The U.S. Supreme Court, on June 18, issued an opinion potentially making it easier for Atkins claims to be heard and won.

The Court held that a Louisiana court had unreasonably determined the facts in finding that a death-sentenced inmate had not made a sufficient showing that he was intellectually disabled to warrant an evidentiary hearing on his Atkins claim.  The Court held that the inmate was entitled to have his claim considered on the merits in federal habeas.

The case is Brumfield v. Cain.

Facts

Kevan Brumfield was sentenced to death for a 1993 murder.  At the time of his trial, Supreme Court precedent allowed a death sentence for intellectually disabled persons.

In 2002, the Supreme Court held in Atkins that execution of intellectually disabled persons violates the Eighth Amendment.

Subsequently, Brumfield sought to raise an Atkins claim in Louisiana state court.  Pursuant to Louisiana law applying Atkins, he alleged that there were objective factors that would put the issue of his mental retardation at issue.

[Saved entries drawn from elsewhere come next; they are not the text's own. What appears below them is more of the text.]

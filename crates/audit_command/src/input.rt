//! The command over what the program has: an input, and standard output, which is written with no buffer, so that
//! nothing is left to flush.

use crate::audit::run_audit;
use crate::form::{AuditForm, JournalForm};
use crate::journal::{JournalEnd, run_audit_journal};
use journal_entries::EntriesEnd;
use std::io;
use text_stream::{RunFault, Source, Watched};

/// The command `audit`: whether the history is legal.
pub fn audit_input<R: Source>(
    rt: &(impl Print + AllocGlobal),
    reader: &mut R,
    form: AuditForm,
) -> Result<bool, RunFault> {
    let mut writer = Watched::new(io::writer(rt));
    run_audit(rt.alloc(), reader, &mut writer, form)
}

/// The command `audit` on a journal: how it ends. What is torn, and which line is bad, is told on standard error.
pub fn audit_journal_input<R: Source>(
    rt: &(impl Print + Eprint + AllocGlobal),
    reader: &mut R,
    form: JournalForm,
) -> Result<JournalEnd, RunFault> {
    let mut writer = Watched::new(io::writer(rt));
    let end = run_audit_journal(rt.alloc(), reader, &mut writer, form)?;
    match end {
        JournalEnd::Legal(torn) => EntriesEnd::Legal(torn).tell(rt),
        // What is illegal stands on standard output.
        JournalEnd::Illegal => {}
        JournalEnd::Bad(line) => EntriesEnd::Bad(line).tell(rt),
    }
    Ok(end)
}
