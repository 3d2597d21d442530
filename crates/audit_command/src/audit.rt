//! The audit of a history, from its text to the line of its verdict.

ghost use Rattle.std.specs.Prelude.{◌≡◌, ◌≤◌, length, IfOk, IfErr};
ghost use Rattle.sched_calls.specs.declared.reply.TheConstants.{MAX_ENTRIES};
ghost use Rattle.text_stream.specs.Writing.{Writes};
ghost use Rattle.text_stream.specs.RunFault.{TellsFailedRead, TellsFailedWrite, WritesLast};
ghost use Rattle.audit_command.specs.Verdict.{IsVerdict, is_legal, legal_text, illegal_text, verdict_line};
ghost use Rattle.audit_command.specs.Verdict.{Audited, StopsAudit};

use crate::explained_audit::explain;
use crate::form::AuditForm;
use crate::json::{put_illegal_json, put_legal_json};
use history_reading::read_history;
use minislots::Checked;
use sched_history::{AuditFault, Entry, audit};
use sched_lines::put_named;
use std::alloc::Global;
use text_stream::{RunFault, Sink, Source, TextFault, put};

/// What an audit says of a history.
#[derive(Clone, Copy)]
pub enum Verdict {
    /// It has so many entries, and each reply may follow the entries before it.
    Legal(usize),
    /// This entry, counted from 0, is the first whose reply may not.
    Illegal(usize),
}

// Audits a history.
fn judge(alloc: Global, config: &Checked, entries: &[Entry]) -> Result<Verdict, TextFault>
    requires few { length entries.now ≤ MAX_ENTRIES }
    ensures ok { IfOk result (IsVerdict config.now entries.now) }
    ensures err { IfErr result (λ e. e ≡ TextFault.Memory) }
{
    match audit(alloc, config, entries) {
        Ok(()) => Ok(Verdict::Legal(entries.len())),
        Err(AuditFault::Illegal(index)) => Ok(Verdict::Illegal(index)),
        Err(AuditFault::Memory) => Err(TextFault::Memory),
    }
}

// Writes the verdict on a legal history.
fn put_legal<W: Sink>(writer: &mut W, form: AuditForm, entries: u64) -> Result<(), TextFault>
    ensures { Writes W.contents W.has_failed writer.old writer.new
        (legal_text form entries) result }
{
    match form {
        AuditForm::Line | AuditForm::Explained => put_named(writer, b"legal", entries),
        AuditForm::Json => put_legal_json(writer, entries),
    }
}

// Writes the verdict on another one.
fn put_illegal<W: Sink>(writer: &mut W, form: AuditForm, index: u64) -> Result<(), TextFault>
    ensures { Writes W.contents W.has_failed writer.old writer.new
        (illegal_text form index) result }
{
    match form {
        AuditForm::Line | AuditForm::Explained => put_named(writer, b"illegal", index),
        AuditForm::Json => put_illegal_json(writer, index),
    }
}

// Writes the line of a verdict, and tells whether it is that of a legal history.
fn put_verdict<W: Sink>(
    writer: &mut W,
    form: AuditForm,
    verdict: Verdict,
) -> Result<bool, TextFault>
    ensures written { Writes W.contents W.has_failed writer.old writer.new
        (verdict_line form verdict) result }
    ensures legal { IfOk result (λ legal. legal ≡ is_legal verdict) }
{
    match verdict {
        Verdict::Legal(entries) => {
            put_legal(writer, form, entries as u64)?;
            Ok(true)
        }
        Verdict::Illegal(index) => {
            put_illegal(writer, form, index as u64)?;
            Ok(false)
        }
    }
}

/// Reads a history, a configuration and entries in JSON, to the reader's end, and audits it. Writes `legal` and the
/// number of its entries, or `illegal` and the first entry, counted from 0, whose reply the scheduler may not give
/// after the entries before it; or the same in JSON. Where words are asked for, behind the line of an illegal history
/// stand the call of the entry, the reply that it has, and one that the scheduler may give there; a MAP is shown as its
/// table, and the first lines in which the two replies differ are marked. Answers whether it is legal. Nothing is
/// written before another fault than one of output.
pub fn run_audit<R: Source, W: Sink>(
    alloc: Global,
    reader: &mut R,
    writer: &mut W,
    form: AuditForm,
) -> Result<bool, RunFault>
    // What was written is the line of the verdict on the history that was read, in this form, with words behind it
    // where they are asked for and it is illegal, and nothing else.
    ensures ok { IfOk result (Audited form (R.remaining reader.old) (R.remaining reader.new)
        (W.contents writer.old) (W.contents writer.new)) }

    // Each fault comes under its own condition, the first one in their order.
    ensures stops { IfErr result (StopsAudit (R.remaining reader.old) (R.remaining reader.new)) }
    ensures quiet { WritesLast result writer.old writer.new }

    // A failed read or write is told where one has failed, and where all went well none did.
    ensures failed_read { TellsFailedRead result
        (R.has_failed reader.old) (R.has_failed reader.new) }
    ensures failed_write { TellsFailedWrite result
        (W.has_failed writer.old) (W.has_failed writer.new) }
{
    let (config, entries) = read_history(alloc, reader)?;
    let verdict = judge(alloc, &config, &entries)?;
    let Ok(words) = explain(alloc, &config, &entries, verdict, form) else {
        return Err(RunFault::Text(TextFault::Memory));
    };
    let legal = put_verdict(writer, form, verdict)?;
    put(writer, words.as_bytes())?;
    Ok(legal)
}
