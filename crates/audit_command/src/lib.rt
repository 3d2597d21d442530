//! The audit of a history or of a journal, from its text to the line of its verdict, in words or in JSON.
#![tactic(auto)]

mod audit;
mod explained_audit;
mod form;
mod input;
mod journal;
mod json;

pub use audit::run_audit;
pub use form::{AuditForm, JournalForm};
pub use input::{audit_input, audit_journal_input};
pub use journal::{JournalEnd, run_audit_journal};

Specifically, Brumfield alleged that three witnesses from the sentencing portion of his trial – his mother, a social worker, and a neuropsychologist – and another examining doctor, would testify that he had an IQ of 75, a fourth-grade reading level, had been in special education, had a learning disability, and had been treated at a number of psychiatric hospitals as a child.

The Louisiana courts dismissed Brumfield’s claim without an evidentiary hearing.  The courts found that Brumfield had a 75 IQ and that his evidence did not show any impairment in adaptive skills.

Brumfield then filed a petition for federal habeas corpus.

The district court held that the state ruling was “contrary to, or involved an unreasonable application of, clearly established federal law, as determined by the Supreme Court,”  28 U.S.C. Sec. 2254(d)(1), and was “based on an unreasonable determination of the facts in light of the evidence presented in the State court proceeding,” Sec. 2254(d)(2).

The district court granted an evidentiary hearing, and found that Brumfield was ineligible for execution because he was intellectually disabled under Atkins.
The Fifth Circuit reversed.  It held that that the state ruling was not an unreasonable application or clearly established federal law, nor an unreasonable determination of the facts.

Holding

In a 5-4 opinion, the Supreme Court reversed the Fifth Circuit, but unlike the district court, decided the case under Sec. 2254(d)(2) only.

The Court held the Louisiana courts’ denial of Brumfield’s claim without an evidentiary hearing was an “unreasonable determination of the facts” within the meaning of 2254(d)(2).

In reaching its decision, the Court assumed that the Louisiana courts applied the correct legal standard, and also that Louisiana law was consistent with Atkins. 
The Court held, however, that the Louisiana courts had unreasonably determined the facts in its two premises “that Brumfield’s IQ score was inconsistent with a diagnosis of intellectual disability and that he had presented no evidence of adaptive impairment.”

In Hall v. Florida (2014), the Court held that it was unconstitutional to foreclose all further exploration of intellectual disability simply because a capital defendant has an IQ above 70. 

Accounting for a margin of error in IQ testing, Brumfield’s IQ of 75 “was squarely in the range of potential intellectual disability,” the Court said.  “To conclude, as the state trial court did, that Brumfield’s reported IQ score of 75 somehow demonstrated that he could not possess subaverage intelligence therefore reflected an unreasonable determination of the facts.”

The Court also held that Brumfield had demonstrated objective factors that would show impairment in adaptive skills.  His witnesses would show that he was at risk of neuropsychological trauma from birth, had a learning disability, had been in special education, read at only a fourth-grade level, had difficulty processing information, and had been at mental health facilities. 

The Court held Brumfield had “cleared AEDPA’s procedural hurdles” by showing that the Louisiana courts had unreasonably determined the facts of his Atkins claim.  Brumfield was, thus, entitled to a hearing on his claim in federal court.

The five vote majority of Sotomayor, Kennedy, Ginsburg, Breyer and Kagan is the same majority as in last Term’s Hall case.  These Justices seem inclined to view future Atkins claims favorably.  If the members of the Court change, however, Atkins’ future could be in doubt.